Source material START

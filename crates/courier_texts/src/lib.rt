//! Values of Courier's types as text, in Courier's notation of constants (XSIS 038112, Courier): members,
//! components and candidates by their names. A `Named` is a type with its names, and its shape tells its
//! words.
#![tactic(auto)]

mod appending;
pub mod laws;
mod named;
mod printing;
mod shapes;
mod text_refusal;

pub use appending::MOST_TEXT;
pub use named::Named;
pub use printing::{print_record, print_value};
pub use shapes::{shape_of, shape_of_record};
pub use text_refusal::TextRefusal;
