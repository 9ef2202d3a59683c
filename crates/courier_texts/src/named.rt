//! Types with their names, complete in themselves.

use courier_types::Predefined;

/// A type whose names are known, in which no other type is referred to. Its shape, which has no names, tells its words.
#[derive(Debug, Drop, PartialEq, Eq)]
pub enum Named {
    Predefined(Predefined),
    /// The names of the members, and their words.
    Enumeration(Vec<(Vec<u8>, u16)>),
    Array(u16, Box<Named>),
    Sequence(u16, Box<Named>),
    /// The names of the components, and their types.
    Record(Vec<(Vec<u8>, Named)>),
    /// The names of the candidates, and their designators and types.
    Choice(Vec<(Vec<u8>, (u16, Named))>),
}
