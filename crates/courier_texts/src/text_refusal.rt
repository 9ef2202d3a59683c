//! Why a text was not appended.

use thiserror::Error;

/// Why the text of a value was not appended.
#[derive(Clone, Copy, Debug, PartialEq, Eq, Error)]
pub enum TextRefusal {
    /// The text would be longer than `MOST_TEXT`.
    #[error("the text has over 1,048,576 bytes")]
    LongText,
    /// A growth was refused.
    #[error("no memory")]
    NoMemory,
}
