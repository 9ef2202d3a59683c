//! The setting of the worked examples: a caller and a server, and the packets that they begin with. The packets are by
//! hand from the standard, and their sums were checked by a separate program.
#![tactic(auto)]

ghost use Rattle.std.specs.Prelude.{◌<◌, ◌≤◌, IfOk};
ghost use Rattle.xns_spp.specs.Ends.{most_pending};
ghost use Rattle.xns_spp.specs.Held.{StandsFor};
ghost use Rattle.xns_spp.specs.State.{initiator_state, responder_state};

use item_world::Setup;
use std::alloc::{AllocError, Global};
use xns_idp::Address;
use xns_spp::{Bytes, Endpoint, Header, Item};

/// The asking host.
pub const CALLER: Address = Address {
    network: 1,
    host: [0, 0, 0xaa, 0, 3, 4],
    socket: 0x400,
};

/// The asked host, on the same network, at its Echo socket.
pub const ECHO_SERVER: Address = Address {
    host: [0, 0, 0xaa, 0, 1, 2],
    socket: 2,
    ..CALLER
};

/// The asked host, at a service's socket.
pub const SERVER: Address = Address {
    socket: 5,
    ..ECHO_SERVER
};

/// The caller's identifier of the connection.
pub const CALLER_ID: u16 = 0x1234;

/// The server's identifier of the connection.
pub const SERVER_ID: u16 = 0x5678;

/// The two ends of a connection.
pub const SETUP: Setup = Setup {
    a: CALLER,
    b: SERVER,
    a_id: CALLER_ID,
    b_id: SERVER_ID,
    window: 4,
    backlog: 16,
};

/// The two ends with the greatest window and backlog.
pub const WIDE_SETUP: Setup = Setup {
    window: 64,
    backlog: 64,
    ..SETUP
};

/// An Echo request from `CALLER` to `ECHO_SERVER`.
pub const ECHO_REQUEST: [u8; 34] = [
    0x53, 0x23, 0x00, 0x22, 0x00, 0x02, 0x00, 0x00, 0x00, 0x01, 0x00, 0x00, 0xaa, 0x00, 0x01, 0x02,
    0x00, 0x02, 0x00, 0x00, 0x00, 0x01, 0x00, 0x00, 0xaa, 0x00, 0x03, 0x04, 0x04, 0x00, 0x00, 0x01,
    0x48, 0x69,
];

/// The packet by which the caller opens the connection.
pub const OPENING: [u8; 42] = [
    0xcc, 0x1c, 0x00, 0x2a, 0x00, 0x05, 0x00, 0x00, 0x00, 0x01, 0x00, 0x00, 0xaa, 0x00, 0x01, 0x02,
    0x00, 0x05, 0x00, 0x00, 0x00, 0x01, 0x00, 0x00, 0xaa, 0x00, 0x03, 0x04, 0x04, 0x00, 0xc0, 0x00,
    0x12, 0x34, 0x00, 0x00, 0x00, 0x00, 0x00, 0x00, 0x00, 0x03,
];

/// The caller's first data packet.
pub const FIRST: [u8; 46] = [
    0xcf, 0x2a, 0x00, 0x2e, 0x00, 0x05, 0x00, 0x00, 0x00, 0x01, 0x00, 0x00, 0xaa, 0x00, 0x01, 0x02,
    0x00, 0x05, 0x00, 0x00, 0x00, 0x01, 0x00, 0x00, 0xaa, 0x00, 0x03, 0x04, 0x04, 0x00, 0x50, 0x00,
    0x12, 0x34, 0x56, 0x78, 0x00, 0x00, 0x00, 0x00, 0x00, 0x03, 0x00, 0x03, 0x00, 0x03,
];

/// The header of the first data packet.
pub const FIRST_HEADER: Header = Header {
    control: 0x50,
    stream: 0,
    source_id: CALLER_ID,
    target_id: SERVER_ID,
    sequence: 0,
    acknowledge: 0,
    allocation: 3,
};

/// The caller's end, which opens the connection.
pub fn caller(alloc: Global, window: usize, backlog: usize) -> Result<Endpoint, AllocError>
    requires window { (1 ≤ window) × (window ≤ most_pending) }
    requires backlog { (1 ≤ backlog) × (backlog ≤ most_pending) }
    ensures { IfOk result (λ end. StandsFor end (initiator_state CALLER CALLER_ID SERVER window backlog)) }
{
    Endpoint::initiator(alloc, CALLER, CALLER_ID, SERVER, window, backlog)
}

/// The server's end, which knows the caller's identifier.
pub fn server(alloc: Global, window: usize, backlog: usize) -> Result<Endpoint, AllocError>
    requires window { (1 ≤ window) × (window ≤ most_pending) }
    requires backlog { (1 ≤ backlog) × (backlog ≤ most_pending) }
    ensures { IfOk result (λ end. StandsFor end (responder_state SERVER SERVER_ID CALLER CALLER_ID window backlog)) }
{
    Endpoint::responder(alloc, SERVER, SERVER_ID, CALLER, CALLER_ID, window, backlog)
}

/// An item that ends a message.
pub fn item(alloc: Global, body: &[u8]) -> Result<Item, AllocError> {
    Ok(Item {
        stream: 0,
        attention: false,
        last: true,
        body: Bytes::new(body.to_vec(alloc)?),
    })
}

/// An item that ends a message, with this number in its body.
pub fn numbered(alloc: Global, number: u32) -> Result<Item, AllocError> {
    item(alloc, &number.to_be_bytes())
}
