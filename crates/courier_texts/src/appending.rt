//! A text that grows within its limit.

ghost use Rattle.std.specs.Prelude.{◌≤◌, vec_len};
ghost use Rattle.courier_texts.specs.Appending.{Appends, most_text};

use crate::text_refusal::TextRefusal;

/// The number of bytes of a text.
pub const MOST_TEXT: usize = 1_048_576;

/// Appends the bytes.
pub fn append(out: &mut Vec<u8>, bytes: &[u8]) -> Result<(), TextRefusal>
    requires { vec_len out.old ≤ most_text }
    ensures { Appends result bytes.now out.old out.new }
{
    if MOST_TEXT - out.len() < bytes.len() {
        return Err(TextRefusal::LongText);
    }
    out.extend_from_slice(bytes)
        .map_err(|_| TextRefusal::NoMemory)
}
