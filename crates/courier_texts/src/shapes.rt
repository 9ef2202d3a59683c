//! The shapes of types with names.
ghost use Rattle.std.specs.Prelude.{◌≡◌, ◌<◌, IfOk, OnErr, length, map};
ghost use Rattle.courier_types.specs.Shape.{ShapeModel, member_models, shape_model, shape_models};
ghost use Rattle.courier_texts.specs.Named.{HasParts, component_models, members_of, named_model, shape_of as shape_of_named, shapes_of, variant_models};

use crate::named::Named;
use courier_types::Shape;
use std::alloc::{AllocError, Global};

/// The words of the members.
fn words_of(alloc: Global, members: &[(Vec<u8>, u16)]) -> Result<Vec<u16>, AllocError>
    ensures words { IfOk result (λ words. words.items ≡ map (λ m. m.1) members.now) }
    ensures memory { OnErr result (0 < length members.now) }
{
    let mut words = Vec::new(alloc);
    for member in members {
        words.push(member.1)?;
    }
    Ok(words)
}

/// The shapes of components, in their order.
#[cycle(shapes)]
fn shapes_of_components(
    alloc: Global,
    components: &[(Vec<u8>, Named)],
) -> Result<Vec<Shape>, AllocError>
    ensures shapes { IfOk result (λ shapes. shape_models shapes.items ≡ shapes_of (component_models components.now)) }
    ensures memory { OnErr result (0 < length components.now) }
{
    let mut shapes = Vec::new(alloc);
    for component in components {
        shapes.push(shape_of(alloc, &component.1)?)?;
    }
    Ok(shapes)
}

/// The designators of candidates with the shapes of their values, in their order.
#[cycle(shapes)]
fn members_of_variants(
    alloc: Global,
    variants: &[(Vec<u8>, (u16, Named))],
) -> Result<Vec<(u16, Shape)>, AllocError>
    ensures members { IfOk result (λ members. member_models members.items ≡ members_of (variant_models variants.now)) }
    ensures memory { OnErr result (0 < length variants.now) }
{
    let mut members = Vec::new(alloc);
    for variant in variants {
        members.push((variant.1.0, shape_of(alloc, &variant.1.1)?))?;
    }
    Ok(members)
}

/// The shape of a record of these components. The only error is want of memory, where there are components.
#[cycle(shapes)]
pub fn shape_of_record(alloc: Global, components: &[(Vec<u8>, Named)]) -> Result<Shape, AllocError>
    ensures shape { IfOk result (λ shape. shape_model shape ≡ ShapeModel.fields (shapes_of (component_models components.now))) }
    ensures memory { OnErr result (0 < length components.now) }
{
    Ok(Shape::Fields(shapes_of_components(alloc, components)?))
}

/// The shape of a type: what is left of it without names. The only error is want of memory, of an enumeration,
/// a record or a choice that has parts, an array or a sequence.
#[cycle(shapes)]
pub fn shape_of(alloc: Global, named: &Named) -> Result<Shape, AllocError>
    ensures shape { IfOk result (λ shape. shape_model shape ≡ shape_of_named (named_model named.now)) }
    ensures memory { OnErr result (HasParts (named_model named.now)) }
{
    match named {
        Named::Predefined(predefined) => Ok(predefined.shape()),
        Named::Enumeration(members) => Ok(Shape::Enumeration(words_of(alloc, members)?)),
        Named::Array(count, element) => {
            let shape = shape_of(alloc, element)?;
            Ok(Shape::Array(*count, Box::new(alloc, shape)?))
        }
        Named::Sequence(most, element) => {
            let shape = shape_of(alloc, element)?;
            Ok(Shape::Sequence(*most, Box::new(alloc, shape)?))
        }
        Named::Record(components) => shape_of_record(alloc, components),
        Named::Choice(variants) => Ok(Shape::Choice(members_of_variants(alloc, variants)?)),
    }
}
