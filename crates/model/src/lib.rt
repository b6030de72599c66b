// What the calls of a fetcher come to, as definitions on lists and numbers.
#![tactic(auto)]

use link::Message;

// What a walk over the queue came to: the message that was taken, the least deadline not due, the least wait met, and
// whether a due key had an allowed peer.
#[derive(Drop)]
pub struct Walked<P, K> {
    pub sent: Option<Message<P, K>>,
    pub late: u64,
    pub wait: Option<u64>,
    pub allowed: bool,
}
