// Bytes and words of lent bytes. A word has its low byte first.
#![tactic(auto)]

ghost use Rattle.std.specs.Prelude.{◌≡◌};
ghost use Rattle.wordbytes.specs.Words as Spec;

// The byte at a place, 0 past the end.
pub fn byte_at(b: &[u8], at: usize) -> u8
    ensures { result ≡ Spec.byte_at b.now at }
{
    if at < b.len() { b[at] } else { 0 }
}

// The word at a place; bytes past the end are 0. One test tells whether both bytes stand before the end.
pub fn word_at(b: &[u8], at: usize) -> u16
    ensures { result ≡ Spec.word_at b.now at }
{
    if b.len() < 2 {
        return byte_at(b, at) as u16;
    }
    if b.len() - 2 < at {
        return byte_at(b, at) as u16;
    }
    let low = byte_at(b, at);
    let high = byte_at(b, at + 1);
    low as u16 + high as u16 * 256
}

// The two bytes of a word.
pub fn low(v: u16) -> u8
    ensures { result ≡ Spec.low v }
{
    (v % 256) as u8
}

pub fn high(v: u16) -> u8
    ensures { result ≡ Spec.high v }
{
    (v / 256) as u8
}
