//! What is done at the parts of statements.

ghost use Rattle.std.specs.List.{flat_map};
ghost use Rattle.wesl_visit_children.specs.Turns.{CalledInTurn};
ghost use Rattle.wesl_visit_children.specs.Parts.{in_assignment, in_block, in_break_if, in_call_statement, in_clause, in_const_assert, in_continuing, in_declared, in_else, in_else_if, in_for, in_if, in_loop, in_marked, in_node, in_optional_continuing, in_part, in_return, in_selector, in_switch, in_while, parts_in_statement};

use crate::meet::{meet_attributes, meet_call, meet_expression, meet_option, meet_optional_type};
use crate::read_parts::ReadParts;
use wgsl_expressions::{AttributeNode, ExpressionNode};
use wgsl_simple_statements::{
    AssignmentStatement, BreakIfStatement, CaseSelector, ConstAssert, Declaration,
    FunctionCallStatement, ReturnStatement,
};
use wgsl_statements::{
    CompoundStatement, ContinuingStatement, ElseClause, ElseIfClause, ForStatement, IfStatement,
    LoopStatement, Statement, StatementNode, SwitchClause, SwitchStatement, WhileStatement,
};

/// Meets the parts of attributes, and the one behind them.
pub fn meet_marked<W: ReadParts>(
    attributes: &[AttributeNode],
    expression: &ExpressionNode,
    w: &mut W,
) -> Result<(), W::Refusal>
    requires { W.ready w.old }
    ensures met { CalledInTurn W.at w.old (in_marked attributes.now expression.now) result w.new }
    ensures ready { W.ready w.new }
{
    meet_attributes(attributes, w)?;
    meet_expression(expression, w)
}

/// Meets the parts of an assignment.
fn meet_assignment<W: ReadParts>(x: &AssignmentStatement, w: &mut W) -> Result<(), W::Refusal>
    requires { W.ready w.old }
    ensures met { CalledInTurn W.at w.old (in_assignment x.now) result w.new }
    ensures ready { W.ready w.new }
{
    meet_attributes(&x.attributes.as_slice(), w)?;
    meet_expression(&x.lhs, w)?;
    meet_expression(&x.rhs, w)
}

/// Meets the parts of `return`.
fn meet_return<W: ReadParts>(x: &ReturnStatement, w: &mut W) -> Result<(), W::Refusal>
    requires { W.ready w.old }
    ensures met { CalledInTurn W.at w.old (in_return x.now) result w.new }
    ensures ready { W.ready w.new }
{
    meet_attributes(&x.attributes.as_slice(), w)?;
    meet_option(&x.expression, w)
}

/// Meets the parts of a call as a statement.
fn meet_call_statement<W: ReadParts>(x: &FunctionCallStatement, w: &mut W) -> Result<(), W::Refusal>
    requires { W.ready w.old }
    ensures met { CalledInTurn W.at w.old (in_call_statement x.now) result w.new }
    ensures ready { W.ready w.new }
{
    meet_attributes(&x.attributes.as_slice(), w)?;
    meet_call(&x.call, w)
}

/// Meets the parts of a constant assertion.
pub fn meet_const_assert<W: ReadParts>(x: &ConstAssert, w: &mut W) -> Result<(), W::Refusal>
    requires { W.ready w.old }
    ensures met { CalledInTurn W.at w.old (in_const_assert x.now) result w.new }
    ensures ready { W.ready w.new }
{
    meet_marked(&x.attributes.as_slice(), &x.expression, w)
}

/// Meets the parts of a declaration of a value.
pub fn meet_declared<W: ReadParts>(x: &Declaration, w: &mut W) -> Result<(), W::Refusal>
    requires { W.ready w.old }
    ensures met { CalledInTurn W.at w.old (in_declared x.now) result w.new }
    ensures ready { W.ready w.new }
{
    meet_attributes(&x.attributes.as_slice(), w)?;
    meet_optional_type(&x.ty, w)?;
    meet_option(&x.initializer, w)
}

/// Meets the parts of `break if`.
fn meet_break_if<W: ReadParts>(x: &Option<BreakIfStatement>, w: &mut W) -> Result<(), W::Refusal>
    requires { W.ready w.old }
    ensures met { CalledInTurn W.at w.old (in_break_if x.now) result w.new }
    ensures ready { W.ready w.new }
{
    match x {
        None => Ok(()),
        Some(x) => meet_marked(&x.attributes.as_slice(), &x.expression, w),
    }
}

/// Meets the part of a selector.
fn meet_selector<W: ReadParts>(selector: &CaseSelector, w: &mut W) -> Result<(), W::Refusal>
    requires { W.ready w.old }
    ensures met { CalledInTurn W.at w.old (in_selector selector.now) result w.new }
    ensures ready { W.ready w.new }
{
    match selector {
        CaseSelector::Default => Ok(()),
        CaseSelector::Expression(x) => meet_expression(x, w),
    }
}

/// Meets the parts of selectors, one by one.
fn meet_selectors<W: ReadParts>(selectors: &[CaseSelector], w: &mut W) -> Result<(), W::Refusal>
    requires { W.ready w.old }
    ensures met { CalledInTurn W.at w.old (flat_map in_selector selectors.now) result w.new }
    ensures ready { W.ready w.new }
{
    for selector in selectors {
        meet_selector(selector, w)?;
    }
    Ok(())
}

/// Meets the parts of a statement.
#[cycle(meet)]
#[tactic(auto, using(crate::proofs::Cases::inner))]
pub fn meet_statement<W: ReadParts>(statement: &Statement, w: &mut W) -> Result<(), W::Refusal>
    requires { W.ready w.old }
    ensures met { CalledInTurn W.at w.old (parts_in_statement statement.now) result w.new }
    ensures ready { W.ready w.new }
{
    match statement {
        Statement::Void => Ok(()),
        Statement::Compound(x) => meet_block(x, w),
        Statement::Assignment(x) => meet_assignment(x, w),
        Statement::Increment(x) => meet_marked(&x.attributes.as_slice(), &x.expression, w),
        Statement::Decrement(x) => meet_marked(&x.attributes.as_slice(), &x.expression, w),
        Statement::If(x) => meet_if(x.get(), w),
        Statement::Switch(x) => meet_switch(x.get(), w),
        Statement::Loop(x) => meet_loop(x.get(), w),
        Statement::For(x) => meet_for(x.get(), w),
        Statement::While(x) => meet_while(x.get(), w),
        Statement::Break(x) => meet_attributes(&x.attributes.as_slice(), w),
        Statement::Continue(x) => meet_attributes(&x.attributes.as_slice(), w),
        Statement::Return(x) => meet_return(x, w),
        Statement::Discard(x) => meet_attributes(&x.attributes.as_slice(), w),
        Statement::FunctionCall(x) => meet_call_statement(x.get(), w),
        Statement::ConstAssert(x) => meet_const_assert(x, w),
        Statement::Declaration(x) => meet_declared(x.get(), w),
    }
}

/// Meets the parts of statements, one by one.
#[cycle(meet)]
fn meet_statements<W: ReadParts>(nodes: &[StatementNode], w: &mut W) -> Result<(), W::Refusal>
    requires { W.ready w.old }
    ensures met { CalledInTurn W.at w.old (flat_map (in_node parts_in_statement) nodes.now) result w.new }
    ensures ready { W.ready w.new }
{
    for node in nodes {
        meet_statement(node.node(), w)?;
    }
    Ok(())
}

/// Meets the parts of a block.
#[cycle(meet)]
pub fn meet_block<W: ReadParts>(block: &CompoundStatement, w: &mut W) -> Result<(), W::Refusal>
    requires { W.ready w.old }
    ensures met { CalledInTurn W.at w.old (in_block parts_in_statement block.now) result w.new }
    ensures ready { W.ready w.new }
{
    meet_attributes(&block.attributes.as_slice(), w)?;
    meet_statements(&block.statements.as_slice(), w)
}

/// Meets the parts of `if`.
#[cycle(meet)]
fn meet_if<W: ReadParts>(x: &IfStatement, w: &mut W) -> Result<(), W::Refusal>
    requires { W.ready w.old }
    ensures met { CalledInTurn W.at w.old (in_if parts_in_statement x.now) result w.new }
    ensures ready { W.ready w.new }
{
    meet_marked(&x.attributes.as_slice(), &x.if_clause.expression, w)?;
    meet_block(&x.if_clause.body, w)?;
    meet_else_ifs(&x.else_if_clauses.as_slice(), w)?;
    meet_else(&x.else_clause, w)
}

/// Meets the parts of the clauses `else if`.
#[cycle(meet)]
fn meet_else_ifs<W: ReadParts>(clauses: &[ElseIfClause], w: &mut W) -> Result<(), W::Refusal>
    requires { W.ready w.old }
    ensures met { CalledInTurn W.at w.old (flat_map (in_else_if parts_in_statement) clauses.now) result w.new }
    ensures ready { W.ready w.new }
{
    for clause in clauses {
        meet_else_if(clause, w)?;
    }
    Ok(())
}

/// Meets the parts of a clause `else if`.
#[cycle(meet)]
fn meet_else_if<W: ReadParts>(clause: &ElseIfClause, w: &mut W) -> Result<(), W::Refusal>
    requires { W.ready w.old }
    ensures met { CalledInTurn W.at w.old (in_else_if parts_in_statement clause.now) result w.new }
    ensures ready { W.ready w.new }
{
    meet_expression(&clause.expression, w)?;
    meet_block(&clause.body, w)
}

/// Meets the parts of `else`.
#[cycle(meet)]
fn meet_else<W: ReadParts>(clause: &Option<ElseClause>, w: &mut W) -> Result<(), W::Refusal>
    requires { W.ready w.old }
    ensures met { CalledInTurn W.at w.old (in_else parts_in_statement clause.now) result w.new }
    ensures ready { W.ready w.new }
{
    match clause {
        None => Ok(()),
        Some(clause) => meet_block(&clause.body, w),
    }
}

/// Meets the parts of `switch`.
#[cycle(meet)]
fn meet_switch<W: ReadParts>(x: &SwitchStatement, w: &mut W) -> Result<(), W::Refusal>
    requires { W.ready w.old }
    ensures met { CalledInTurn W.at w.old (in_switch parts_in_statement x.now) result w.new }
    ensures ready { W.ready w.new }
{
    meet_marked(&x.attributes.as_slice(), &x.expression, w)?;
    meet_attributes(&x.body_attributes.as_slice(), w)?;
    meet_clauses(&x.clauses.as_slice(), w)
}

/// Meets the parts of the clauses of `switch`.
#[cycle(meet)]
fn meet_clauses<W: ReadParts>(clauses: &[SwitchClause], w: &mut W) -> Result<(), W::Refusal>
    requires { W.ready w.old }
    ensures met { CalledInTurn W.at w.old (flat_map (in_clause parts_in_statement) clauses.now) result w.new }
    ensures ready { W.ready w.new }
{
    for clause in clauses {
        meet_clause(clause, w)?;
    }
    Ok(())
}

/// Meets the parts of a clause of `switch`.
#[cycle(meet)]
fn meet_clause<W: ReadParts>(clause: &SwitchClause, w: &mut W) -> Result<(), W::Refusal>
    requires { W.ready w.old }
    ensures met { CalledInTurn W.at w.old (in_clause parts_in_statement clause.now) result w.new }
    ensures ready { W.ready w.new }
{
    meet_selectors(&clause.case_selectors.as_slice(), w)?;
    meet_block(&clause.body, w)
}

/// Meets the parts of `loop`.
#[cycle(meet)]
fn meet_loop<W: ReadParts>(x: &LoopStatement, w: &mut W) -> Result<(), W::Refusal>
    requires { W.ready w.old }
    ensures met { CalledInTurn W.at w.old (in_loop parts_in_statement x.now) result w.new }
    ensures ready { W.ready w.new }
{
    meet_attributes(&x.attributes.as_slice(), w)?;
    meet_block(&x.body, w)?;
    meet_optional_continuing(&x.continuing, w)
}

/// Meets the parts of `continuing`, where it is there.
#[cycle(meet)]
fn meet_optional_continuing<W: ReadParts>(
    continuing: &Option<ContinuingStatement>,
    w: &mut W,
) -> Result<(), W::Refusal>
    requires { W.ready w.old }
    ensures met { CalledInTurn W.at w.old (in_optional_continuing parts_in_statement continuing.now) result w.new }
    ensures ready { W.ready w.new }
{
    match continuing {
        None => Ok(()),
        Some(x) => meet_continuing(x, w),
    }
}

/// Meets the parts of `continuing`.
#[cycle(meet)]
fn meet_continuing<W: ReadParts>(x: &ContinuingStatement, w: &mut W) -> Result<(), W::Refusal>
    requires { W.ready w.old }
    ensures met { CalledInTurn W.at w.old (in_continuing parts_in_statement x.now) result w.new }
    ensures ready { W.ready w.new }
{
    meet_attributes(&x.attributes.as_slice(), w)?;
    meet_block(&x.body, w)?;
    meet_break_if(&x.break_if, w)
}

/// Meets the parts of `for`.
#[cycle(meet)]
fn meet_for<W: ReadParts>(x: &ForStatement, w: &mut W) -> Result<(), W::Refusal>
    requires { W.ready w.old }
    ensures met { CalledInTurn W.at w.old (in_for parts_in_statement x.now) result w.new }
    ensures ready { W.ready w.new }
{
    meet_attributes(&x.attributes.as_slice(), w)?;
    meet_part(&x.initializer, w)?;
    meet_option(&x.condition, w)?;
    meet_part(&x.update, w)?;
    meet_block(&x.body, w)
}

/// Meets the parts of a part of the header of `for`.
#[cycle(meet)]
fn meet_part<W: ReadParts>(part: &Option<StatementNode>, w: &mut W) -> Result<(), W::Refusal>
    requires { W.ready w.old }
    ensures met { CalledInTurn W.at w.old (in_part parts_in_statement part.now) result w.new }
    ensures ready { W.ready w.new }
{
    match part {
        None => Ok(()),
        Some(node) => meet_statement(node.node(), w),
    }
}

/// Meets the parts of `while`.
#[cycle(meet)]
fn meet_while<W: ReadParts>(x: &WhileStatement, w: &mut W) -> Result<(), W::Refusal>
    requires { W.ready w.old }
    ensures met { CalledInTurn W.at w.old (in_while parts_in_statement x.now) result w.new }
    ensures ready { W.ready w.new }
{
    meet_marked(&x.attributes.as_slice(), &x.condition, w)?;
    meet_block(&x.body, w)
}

Source material END

Please reproduce exactly the lines from the first one of the records above through the line containing "mod text_refusal;", both included, and nothing else.

Task result |
filename crates/courier_texts/src/lib.rt
//! Values of Courier's types as text, in Courier's notation of constants (XSIS 038112, Courier): members,
//! components and candidates by their names. A `Named` is a type with its names, and its shape tells its
//! words.
#![tactic(auto)]

mod appending;
pub mod laws;
mod named;
mod printing;
mod shapes;
mod text_refusal;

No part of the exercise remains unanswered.